## [DATA EXTRACTS]
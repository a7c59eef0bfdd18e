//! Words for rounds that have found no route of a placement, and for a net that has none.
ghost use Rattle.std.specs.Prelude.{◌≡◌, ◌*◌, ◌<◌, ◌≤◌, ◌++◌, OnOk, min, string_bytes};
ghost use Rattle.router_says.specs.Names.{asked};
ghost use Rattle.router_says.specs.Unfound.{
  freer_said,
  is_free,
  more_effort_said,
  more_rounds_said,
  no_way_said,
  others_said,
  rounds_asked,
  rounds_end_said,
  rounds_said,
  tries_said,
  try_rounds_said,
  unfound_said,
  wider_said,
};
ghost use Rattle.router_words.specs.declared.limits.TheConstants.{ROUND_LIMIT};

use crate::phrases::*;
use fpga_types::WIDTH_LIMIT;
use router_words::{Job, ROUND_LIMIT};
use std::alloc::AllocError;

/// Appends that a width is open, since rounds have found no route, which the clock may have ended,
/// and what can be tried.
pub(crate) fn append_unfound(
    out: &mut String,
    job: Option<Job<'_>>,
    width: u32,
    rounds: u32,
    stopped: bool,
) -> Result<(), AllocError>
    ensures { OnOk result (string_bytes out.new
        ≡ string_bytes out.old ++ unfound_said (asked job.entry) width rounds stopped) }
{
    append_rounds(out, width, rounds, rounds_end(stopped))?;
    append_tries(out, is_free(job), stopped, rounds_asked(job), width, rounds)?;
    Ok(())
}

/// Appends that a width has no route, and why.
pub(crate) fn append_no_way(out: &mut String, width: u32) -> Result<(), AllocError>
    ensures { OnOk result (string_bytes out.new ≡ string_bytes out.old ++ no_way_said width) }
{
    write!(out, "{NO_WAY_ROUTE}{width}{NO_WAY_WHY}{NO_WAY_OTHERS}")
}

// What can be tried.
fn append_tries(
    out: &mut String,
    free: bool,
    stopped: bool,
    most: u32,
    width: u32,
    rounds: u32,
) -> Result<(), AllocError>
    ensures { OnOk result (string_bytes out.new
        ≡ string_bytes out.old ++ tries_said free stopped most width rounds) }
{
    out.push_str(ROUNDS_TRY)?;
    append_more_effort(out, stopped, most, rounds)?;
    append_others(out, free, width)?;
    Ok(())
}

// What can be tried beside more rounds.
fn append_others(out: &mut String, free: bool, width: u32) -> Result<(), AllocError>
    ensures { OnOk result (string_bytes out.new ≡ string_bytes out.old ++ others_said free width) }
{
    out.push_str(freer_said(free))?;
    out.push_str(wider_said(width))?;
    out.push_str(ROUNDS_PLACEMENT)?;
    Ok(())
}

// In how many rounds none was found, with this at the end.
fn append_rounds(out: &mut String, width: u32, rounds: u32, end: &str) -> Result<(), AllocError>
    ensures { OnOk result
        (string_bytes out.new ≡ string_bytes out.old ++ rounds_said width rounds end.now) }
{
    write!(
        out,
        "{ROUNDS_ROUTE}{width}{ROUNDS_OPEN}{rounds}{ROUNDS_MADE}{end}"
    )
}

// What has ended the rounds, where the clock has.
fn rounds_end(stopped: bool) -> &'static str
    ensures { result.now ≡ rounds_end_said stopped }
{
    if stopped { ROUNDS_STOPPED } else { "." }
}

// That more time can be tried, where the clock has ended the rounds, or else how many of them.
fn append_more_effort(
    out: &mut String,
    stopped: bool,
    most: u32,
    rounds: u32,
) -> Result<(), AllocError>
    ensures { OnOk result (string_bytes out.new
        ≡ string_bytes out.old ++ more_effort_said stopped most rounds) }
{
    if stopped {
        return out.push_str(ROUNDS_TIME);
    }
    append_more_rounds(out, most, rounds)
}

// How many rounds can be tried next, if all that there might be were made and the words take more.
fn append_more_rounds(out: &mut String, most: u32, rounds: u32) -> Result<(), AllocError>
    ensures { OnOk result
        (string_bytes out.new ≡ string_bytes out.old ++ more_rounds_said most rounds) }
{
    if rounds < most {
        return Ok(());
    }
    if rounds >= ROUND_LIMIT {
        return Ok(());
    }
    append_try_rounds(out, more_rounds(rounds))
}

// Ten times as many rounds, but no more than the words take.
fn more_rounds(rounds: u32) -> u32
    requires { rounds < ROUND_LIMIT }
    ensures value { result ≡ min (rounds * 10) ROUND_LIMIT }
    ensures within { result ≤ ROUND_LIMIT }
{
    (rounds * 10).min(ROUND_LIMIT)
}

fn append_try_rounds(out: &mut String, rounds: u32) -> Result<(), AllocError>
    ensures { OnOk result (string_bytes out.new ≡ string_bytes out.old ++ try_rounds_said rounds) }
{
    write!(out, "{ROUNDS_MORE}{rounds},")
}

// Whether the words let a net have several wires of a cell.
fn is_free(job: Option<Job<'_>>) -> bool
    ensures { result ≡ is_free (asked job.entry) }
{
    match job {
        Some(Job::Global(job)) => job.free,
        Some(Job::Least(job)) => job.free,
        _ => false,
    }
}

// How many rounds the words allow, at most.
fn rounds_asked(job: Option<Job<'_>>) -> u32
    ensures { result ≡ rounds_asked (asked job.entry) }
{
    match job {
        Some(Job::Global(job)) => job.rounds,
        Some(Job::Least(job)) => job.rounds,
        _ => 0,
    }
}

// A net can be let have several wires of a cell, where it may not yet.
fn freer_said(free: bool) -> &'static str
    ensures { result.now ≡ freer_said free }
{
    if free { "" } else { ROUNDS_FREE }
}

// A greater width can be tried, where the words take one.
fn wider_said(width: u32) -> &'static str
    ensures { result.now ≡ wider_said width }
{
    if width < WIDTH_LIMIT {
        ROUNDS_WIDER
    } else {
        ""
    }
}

## [YOUR OBJECTIVE]
Find the string "Least" in the listing and return every line that holds it.

## [REPLY]
        Some(Job::Least(job)) => job.free,
        Some(Job::Least(job)) => job.rounds,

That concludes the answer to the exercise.